» **Task statement**
Filter the entries below down to the lines that hold "from".

** Supplied data follows **

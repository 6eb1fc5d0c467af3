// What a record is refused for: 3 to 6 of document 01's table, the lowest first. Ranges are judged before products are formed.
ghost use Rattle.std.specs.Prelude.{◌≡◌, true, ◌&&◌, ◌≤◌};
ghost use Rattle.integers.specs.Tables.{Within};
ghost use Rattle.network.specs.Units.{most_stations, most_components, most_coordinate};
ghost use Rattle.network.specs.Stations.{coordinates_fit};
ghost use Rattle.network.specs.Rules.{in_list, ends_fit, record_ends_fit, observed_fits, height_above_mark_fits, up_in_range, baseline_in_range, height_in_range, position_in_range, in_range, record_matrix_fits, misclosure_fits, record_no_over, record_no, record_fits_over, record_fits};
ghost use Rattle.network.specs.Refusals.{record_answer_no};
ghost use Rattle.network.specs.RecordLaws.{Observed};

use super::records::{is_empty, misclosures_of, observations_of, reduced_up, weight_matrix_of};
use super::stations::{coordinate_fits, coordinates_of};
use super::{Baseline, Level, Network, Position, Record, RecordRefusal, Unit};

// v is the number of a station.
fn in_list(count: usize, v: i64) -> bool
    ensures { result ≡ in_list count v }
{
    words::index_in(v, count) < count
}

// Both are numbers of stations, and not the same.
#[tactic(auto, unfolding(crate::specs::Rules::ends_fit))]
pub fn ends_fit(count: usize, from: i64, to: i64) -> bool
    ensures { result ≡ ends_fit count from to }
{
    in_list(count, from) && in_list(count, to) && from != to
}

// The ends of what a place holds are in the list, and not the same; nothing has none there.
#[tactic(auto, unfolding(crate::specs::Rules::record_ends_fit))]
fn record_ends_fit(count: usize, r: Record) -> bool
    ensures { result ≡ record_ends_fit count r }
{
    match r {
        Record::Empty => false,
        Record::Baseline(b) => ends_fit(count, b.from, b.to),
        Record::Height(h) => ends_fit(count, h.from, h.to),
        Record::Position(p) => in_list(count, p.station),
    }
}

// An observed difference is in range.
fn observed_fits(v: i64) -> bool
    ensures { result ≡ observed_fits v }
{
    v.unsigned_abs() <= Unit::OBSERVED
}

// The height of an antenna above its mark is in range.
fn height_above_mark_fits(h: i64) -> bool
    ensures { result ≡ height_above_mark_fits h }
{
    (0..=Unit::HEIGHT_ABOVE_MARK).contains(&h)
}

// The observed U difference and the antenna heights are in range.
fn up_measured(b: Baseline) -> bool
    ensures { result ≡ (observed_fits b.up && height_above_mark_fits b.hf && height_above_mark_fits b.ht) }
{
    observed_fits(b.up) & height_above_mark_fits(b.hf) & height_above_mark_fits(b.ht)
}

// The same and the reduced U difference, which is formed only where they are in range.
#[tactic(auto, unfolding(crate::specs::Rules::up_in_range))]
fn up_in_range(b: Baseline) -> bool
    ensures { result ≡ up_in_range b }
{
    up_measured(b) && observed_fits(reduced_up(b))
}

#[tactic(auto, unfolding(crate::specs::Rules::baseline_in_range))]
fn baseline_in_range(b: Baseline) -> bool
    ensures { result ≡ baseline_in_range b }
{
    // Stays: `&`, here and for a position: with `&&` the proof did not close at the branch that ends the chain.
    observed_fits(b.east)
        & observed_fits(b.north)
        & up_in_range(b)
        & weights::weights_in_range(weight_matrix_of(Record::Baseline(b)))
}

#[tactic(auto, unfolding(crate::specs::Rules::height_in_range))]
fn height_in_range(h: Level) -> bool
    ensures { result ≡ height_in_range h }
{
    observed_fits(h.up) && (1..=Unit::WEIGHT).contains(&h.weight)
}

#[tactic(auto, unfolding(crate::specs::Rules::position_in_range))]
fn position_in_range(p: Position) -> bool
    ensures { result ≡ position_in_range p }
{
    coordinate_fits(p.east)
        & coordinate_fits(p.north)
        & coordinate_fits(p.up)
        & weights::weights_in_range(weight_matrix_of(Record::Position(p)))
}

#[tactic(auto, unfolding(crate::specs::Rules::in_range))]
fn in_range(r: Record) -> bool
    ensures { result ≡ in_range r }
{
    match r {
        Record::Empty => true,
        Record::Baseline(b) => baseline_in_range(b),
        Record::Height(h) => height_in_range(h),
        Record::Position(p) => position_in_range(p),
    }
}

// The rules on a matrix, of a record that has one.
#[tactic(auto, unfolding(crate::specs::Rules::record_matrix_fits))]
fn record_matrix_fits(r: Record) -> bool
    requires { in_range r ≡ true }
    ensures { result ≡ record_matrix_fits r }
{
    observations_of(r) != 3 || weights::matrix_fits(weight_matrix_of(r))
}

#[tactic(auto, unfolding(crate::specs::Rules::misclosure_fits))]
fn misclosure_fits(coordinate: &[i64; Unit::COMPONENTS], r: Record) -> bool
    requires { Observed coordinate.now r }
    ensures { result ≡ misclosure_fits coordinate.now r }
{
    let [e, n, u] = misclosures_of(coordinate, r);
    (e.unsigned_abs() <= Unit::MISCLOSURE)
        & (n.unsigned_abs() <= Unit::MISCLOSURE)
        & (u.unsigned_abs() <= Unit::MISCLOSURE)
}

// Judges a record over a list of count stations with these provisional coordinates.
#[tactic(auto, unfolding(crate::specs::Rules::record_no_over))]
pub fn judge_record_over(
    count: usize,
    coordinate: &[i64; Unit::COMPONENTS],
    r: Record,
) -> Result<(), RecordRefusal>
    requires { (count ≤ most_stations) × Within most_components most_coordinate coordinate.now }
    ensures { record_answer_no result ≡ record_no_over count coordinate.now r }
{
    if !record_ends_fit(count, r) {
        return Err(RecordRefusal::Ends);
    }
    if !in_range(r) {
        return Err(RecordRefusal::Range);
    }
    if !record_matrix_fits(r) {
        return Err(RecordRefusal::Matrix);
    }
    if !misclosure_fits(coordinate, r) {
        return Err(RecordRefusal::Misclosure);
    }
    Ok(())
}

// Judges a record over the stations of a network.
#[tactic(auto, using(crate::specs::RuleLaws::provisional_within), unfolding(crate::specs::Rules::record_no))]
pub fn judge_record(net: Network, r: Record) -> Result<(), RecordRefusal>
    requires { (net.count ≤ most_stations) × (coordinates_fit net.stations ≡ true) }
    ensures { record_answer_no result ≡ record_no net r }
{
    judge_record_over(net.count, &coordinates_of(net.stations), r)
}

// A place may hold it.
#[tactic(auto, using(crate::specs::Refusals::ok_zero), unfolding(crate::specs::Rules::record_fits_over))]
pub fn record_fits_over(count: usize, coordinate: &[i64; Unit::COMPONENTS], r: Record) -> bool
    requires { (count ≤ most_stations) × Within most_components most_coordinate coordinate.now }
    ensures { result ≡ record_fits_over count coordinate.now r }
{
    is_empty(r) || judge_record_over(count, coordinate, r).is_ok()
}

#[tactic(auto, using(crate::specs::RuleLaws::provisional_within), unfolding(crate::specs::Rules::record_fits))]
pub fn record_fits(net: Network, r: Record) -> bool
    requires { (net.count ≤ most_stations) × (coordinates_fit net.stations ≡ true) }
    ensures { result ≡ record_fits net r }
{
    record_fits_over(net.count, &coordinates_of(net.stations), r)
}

** End of Supplied data **

» **Problem solution**
pub fn ends_fit(count: usize, from: i64, to: i64) -> bool
    ensures { result ≡ ends_fit count from to }
    in_list(count, from) && in_list(count, to) && from != to
        Record::Baseline(b) => ends_fit(count, b.from, b.to),
        Record::Height(h) => ends_fit(count, h.from, h.to),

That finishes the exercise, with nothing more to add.